RECORDS FOR THE TASK Block Start

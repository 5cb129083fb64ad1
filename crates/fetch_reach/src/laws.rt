//! Laws of packs that are written of a store, and of what packs leave missing. Each is the contract of a function without
//! a body.

ghost use Rattle.std.specs.Prelude.{◌≡◌, List, [], Ok, All, Contains, length};
ghost use Rattle.std.specs.List.Sorted.{IsStrictlySortedBy};
ghost use Rattle.fetch_base.specs.declared.id.Kind.{Kind};
ghost use Rattle.fetch_base.specs.declared.id.ObjectId.{ObjectId};
ghost use Rattle.fetch_store.specs.Closed.{AreAllOf, Holding};
ghost use Rattle.fetch_store.specs.Collisions.{HasDistinctIds};
ghost use Rattle.fetch_base.specs.Hashing as hashing;
ghost use Rattle.fetch_store.specs.Honest.{IsHonest, Pack, Request};
ghost use Rattle.fetch_store.specs.Missing.{missing};
ghost use Rattle.fetch_store.specs.Stores.{Entries, ObjectMap};
ghost use Rattle.fetch_base.specs.Id.{id_cmp};
ghost use Rattle.fetch_pack.specs.Packs.{IsPack};
ghost use Rattle.fetch_pack.specs.Reading.{once_from, read};
ghost use Rattle.fetch_pack.specs.Records.{Fits, body, pack_text, payloads_of};
ghost use Rattle.fetch_pack.specs.declared.version.PackVersion.{PackVersion};
ghost use Rattle.fetch_reach.specs.Named.{AreObjects, IsOwnId};
ghost use Rattle.fetch_reach.specs.Stored.{entries_at, objects_at};
ghost use Rattle.fetch_reach.specs.Whole.{IsWhole, with_haves, without_lines};

/// Of entries with distinct ids each is kept, in its place.
pub fn distinct_entries_are_all_kept()
    ensures { (es : Entries) → HasDistinctIds es → once_from [] es ≡ es }
{}

/// A pack that was written of stored objects in ascending order of their ids is a pack, and is read as those objects
/// under those ids.
pub fn stored_packs_are_read()
    ensures pack { (v : PackVersion) (hash : Kind) (objects : ObjectMap) (ids : List ObjectId) →
        AreAllOf hash objects → AreObjects objects → All (IsOwnId objects) ids → Fits v (payloads_of (objects_at objects ids)) →
        IsPack v hash (pack_text v hash (payloads_of (objects_at objects ids))) (payloads_of (objects_at objects ids)) }
    ensures read { (v : PackVersion) (hash : Kind) (objects : ObjectMap) (ids : List ObjectId) →
        AreAllOf hash objects → AreObjects objects → IsStrictlySortedBy id_cmp ids → All (IsOwnId objects) ids
        → Fits v (payloads_of (objects_at objects ids)) →
        read hash (pack_text v hash (payloads_of (objects_at objects ids))) ≡
        Ok (record {
          objects = entries_at objects ids;
          count = length ids;
          digest = hashing.digest hash (body v hash (payloads_of (objects_at objects ids)));
        }) }
{}

/// An honest pack stays honest where more haves were told.
pub fn honest_packs_stay_honest_with_more_haves()
    ensures { (r : Request) (haves : List ObjectId) (pack : Pack) → All (Contains haves) r.haves → IsHonest r pack
        → IsHonest (with_haves r haves) pack }
{}

/// A pack that has its wants and all its links, and no lines, leaves nothing missing, whoever takes it.
pub fn whole_packs_leave_nothing_missing()
    ensures { (now : Holding) (wants : List ObjectId) (es : Entries) → IsWhole wants es → missing now wants (without_lines es) ≡ [] }
{}
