//! Ascending lists of ids, taken as sets.

ghost use Rattle.std.specs.Prelude.{◌≡◌, ◌⊎◌, ◌↔◌, ◌<◌, ◌≤◌, ℕ, IfOk, IsTrue, true, false, not, filter, get_or, length, Contains};
ghost use Rattle.std.specs.List.Sorted.{IsStrictlySortedBy};
ghost use Rattle.std.specs.Ordering.{is_lt};
ghost use Rattle.fetch_base.specs.declared.id.ObjectId.{ObjectId as Id};
ghost use Rattle.fetch_store.specs.Borders.{ids_of, set_of};
ghost use Rattle.fetch_base.specs.Id.{id_cmp};
ghost use Rattle.fetch_reach.specs.Sets.{is_among};

use fetch_store::{List, NoMemory, ObjectId, ascending, same_id};
use std::alloc::Global;

/// The ids of one list that the other doesn't have. Both are ascending, each id once, and so is the answer. It is one
/// walk along both.
pub fn difference(
    alloc: Global,
    ids: &[ObjectId],
    without: &[ObjectId],
) -> Result<List<ObjectId>, NoMemory>
    requires ids { IsStrictlySortedBy id_cmp ids.now }
    requires without { IsStrictlySortedBy id_cmp without.now }
    ensures ids { IfOk result (λ left. left ≡ filter (λ id. not (is_among id without.now)) ids.now) }
    ensures each { IfOk result (λ left. (id : Id) → Contains left id ↔ (Contains ids.now id × ¬ Contains without.now id)) }
    ensures ascending { IfOk result (λ left. IsStrictlySortedBy id_cmp left) }
{
    let mut left = List::new(alloc);
    let mut place = 0;
    for id in ids {
        place = first_not_below(without, place, id);
        if !stands_at(without, place, id) {
            left.push(*id)?;
        }
    }
    Ok(left)
}

/// The first place, from this one on, of an id that isn't less than this one; the length where there is none.
fn first_not_below(ids: &[ObjectId], from: usize, id: &ObjectId) -> usize
    requires { from ≤ length ids.now }
    ensures within { (from ≤ result) × (result ≤ length ids.now) }
    ensures below { (k : ℕ) (d : Id) → from ≤ k → k < result → is_lt (id_cmp (get_or ids.now k d) id.now) ≡ true }
    ensures at { (d : Id) → result < length ids.now → is_lt (id_cmp (get_or ids.now result d) id.now) ≡ false }
{
    for place in from..ids.len() {
        if !ids[place].cmp(id).is_lt() {
            return place;
        }
    }
    ids.len()
}

/// Whether the id stands at this place.
fn stands_at(ids: &[ObjectId], place: usize, id: &ObjectId) -> bool
    ensures { IsTrue result ↔ ((place < length ids.now) × (get_or ids.now place id.now ≡ id.now)) }
{
    place < ids.len() && same_id(&ids[place], id)
}

/// The ids of both lists, in whatever order they stand there, each once and in ascending order.
pub fn union(
    alloc: Global,
    ids: &[ObjectId],
    others: &[ObjectId],
) -> Result<List<ObjectId>, NoMemory>
    ensures each { IfOk result (λ all. (id : Id) → Contains all id ↔ (Contains ids.now id ⊎ Contains others.now id)) }
    ensures ascending { IfOk result (λ all. IsStrictlySortedBy id_cmp all) }
{
    let mut all = Vec::from_slice(alloc, ids)?;
    all.extend_from_slice(others)?;
    Ok(List::from(ascending(all)))
}
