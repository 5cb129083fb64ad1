//! Sets of ids, and packs that are written of a store.
#![tactic(auto)]

mod ids;
pub mod laws;
mod naming;
mod reaching;
mod writing;

pub use ids::{difference, union};
pub use naming::{first_misnamed, stored_objects_are_objects};
pub use reaching::reached_from;
pub use writing::write_stored;
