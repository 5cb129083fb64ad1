//! What is reached by links.

ghost use Rattle.std.specs.Prelude.{◌≡◌, ◌↔◌, ◌<◌, Contains, IfOk};
ghost use Rattle.std.specs.List.Sorted.{IsStrictlySortedBy};
ghost use Rattle.fetch_store.specs.Closed.{Reached, holding};
ghost use Rattle.fetch_base.specs.Id.{id_cmp};
ghost use Rattle.fetch_base.specs.declared.id.ObjectId.{ObjectId as Id};

use fetch_store::{Border, List, NoMemory, ObjectId, Steps, Store, reached};
use std::alloc::Global;
use std::marker::Brand;
use std::sync::ledger::{Blank, Ledger};

/// The stored ids that are reached from the starts by links, parents of border commits aside: each once, in ascending
/// order.
pub fn reached_from(
    alloc: Global,
    store: &Store,
    border: &Border,
    starts: &[ObjectId],
) -> Result<List<ObjectId>, NoMemory>
    ensures ids { IfOk result (λ ids. (id : Id) → Contains ids id ↔ Reached (holding store.now.objects border.now) starts.now id) }
    ensures ascending { IfOk result (λ ids. IsStrictlySortedBy id_cmp ids) }
{
    uncounted::<Brand>(alloc, store, border, starts, Blank::new(1))
}

/// The same, where nobody counts the steps.
fn uncounted<L: Ledger>(
    alloc: Global,
    store: &Store,
    border: &Border,
    starts: &[ObjectId],
    blank: Blank,
) -> Result<List<ObjectId>, NoMemory>
    requires name { blank.name ≡ L.name }
    requires parts { blank.parts ≡ L.parts }
    requires some { 0 < blank.parts }
    ensures ids { IfOk result (λ ids. (id : Id) → Contains ids id ↔ Reached (holding store.now.objects border.now) starts.now id) }
    ensures ascending { IfOk result (λ ids. IsStrictlySortedBy id_cmp ids) }
{
    let mut steps: Steps<L> = Steps::new(blank);
    reached(alloc, store, border, starts, &mut steps)
}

RECORDS FOR THE TASK Block End

● **WORK ORDER**
Where the data above reaches the line holding "#![tactic(auto)]", begin printing, and stop after the line holding "reached by links.". Each line must be reproduced exactly, with nothing else added.

● **YOUR SOLUTION**
#![tactic(auto)]

mod ids;
pub mod laws;
mod naming;
mod reaching;
mod writing;

pub use ids::{difference, union};
pub use naming::{first_misnamed, stored_objects_are_objects};
pub use reaching::reached_from;
pub use writing::write_stored;
repository 5cb129083fb64ad1
//! What is reached by links.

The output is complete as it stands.